Millions of investors rely on their investment portfolios to generate much-needed cash. But lately, if you've been looking to get more income from your investments, you've had a dilemma to face: Should you accept the rock-bottom yields that ultra-safe income investments provide, or should you ramp up the risk level in your portfolio to buy dividend stocks, many of which pay much higher yields right now?

What many don't realize, however, is that there's another alternative to both of these choices. It's far from risk-free, but you'll be able to earn more income than you'll get on most regular dividend stocks -- and arguably with less risk.

Do you prefer door No. 3?
Just from the name, preferred stock sounds great. But most people don't understand what it is, let alone whether they should have it in their portfolios.

Preferred stock is a hybrid investment in that it looks partly like a bond and partly like a stock. On the stock side, preferred shareholders receive dividends rather than interest payments. Although investors in preferred stock usually get paid before common shareholders in a bankruptcy situation, they typically get nothing unless bondholders receive payment in full.

But like a bond, preferred stock usually pays a fixed dividend rate throughout its lifetime. Often, companies have set dates on which they redeem preferred shares, and the amount the company pays on that date is often fixed in advance. For regular preferred stock that doesn't have any conversion rights, that limits the potential upside to far less than what common shareholders can earn if the company is extremely successful.
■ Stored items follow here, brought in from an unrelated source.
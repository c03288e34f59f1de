ghost use Rattle.std.specs.Prelude.{◌≡◌, ◌≢◌, ℕ, ◌≤◌, ◌<◌, List, Option, length, IfOk, IfSome, IsErrOf};
ghost use Rattle.rl_outside.specs.Causes.{CountsFetch};
ghost use Rattle.rl_outside.specs.declared.files.Fetch.TheVariants.{NoMemory as no_memory};

use rl_base::NoMemory;
use std::alloc::{AllocError, Global};

/// Why a fetch gives no bytes.
#[derive(Clone, Copy, Debug, PartialEq, Eq)]
pub enum Fetch {
    /// The file isn't there, or can't be read. The count of faults of its name has risen.
    Failed,
    /// The file is longer than the limit that the caller gave.
    TooLong,
    NoMemory,
}

impl From<AllocError> for Fetch {
    ghost from_gives = { λ _ fetch. fetch ≡ no_memory };

    fn from(_error: AllocError) -> Fetch {
        Fetch::NoMemory
    }
}

impl From<NoMemory> for Fetch {
    ghost from_gives = { λ _ fetch. fetch ≡ no_memory };

    fn from(_error: NoMemory) -> Fetch {
        Fetch::NoMemory
    }
}

/// Where files come from. `held` tells the bytes under a name, or leaves them untold, and `faults` counts
/// the faults of each name. Contracts see a name as its bytes.
pub trait Files {
    ghost held: { Self → List ℕ → Option (List ℕ) };

    ghost faults: { Self → List ℕ → ℕ };

    /// Fetches the whole file under the name, of at most `limit` bytes. The bytes are the caller's own.
    fn fetch(&mut self, alloc: Global, name: &str, limit: usize) -> Result<Vec<u8>, Fetch>
        ensures within { IfOk result (λ bytes. length bytes.items ≤ limit) }
        ensures told { IfOk result (λ bytes. IfSome (held self.old name.now) (λ there. bytes.items ≡ there)) }
        ensures too_long { IsErrOf result Fetch.TooLong →
            IfSome (held self.old name.now) (λ there. limit < length there) }

        // The name's count rises where the fetch failed, and at nothing else. The counts of other names stay.
        ensures cause { CountsFetch result (faults self.old name.now) (faults self.new name.now) }
        ensures others { (n : List ℕ) → n ≢ name.now → faults self.new n ≡ faults self.old n }
        ensures later { (n : List ℕ) → faults self.old n ≤ faults self.new n }

        // No answer changes a file.
        ensures files_stay { (n : List ℕ) → held self.new n ≡ held self.old n };
}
The easy way to buy preferreds
One challenge to investing in preferred stock is finding it in the first place. Just knowing how to look up the current price on a preferred issue isn't always easy. Moreover, preferred shares usually trade far less frequently than their common counterparts, making markets illiquid and introducing a risk whenever you need to buy or sell shares.

To avoid these problems, many investors have gravitated toward preferred stock ETFs. The iShares S&P Preferred Stock ETF (NYSE: PFF) has seen substantial interest from investors lately, having grown into an $8 billion giant. You can also find focused funds on certain areas of the preferred stock market, with the PowerShares Financial Preferred ETF (NYSE: PGF) honing in on financial-sector companies that issue preferred stock.

Worth the risk?
The nice thing about these ETFs is that they offer high yields -- currently in the 6% to 7% range. That's not the highest yield you can find in the market, but it does compare favorably with the S&P 500's average yield of around 2%.

Yet the biggest danger of investing in preferred stock -- and especially in ETFs that own it -- is that so many of the issuers of preferreds are banks and other financial institutions. The PowerShares ETF is specifically designed to own financial-company preferreds, but even the iShares ETF has about three-quarters of its assets invested in bank and financial preferred stock.

Done the right way, though, preferred stock can be a smart play. Warren Buffett made nice returns from preferred stock investments in Goldman Sachs (NYSE: GS) and General Electric (NYSE: GE) during the financial crisis, and at least at the moment, his more recent deal with Bank of America (NYSE: BAC) looks equally promising. But what made Buffett's deals so attractive was that he got an equity kicker -- in the form of warrants that let him participate in any upside for the common shares on top of getting those nice preferred-stock dividends. Even though Goldman and GE have already bought Buffett out, he'll still get the benefit of those warrants for years to come.

By contrast, you won't get the same terms Buffett did when you buy preferred stock. You'll bear the same downside risk and get a similarly attractive payout. But if B of A's turnaround continues, don't expect a huge reward -- that'll be saved for common shareholders.

Weigh the risk
If you plunge headlong into regular dividend stocks as an alternative to bonds, you take on substantial risk. Preferred stock eliminates some of those risks -- but not all of them. Before you jump onto the preferred-stock bandwagon, make sure you're comfortable with the financial-sector concentration that you may get -- and prepare for what could be a wilder ride than you'd like if the economic recovery takes a turn for the worse.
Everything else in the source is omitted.